**INFORMATION**
◇ ◇ ◇
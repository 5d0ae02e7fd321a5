//! Program exceptions, their classes, and which of them a transaction filters.
ghost use Rattle.std.specs.Prelude.{◌≡◌};
ghost use Rattle.tx_control.specs.Filtering.{class, filters};

use crate::codes::{
    ADDRESSING, FIXED_POINT_DIVIDE, FIXED_POINT_OVERFLOW, PROTECTION, SPECIAL_OPERATION,
    SPECIFICATION,
};

/// A program exception that an instruction has met.
#[derive(Clone, Copy, Debug, PartialEq, Eq)]
pub struct Exception {
    /// The interruption code, one of those in `codes`, without the bit that marks an aborted transaction.
    pub code: u16,
    /// Whether it came as the instruction was fetched.
    pub fetch: bool,
    /// The length of the instruction in bytes: 2, 4 or 6, and 0 for an exception at the fetch.
    pub length: u8,
}

/// The class of an exception in a transaction, 1 to 3. Class 1 is never filtered.
///
/// Protection, addressing and specification are in class 1 at the fetch of an instruction, and else in
/// class 2. A code that no exception has counts as class 1.
pub fn class_of(e: Exception) -> u8
    ensures { result ≡ class e.code e.fetch }
{
    match e.code {
        FIXED_POINT_OVERFLOW | FIXED_POINT_DIVIDE => 3,
        SPECIAL_OPERATION => 2,
        PROTECTION | ADDRESSING | SPECIFICATION if !e.fetch => 2,
        _ => 1,
    }
}

/// Whether exceptions of a class are filtered under a program-interruption-filtering control: 1 filters
/// class 3, 2 filters classes 2 and 3, and no other value filters anything.
pub fn is_filtered(class: u8, pifc: u8) -> bool
    ensures { result ≡ filters pifc class }
{
    match pifc {
        1 => class == 3,
        2 => class == 2 || class == 3,
        _ => false,
    }
}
◇ ◇ ◇
**TASK**
Each line of the data that holds "pifc" should be copied.

**EXPECTED ANSWER**
pub fn is_filtered(class: u8, pifc: u8) -> bool
    ensures { result ≡ filters pifc class }
    match pifc {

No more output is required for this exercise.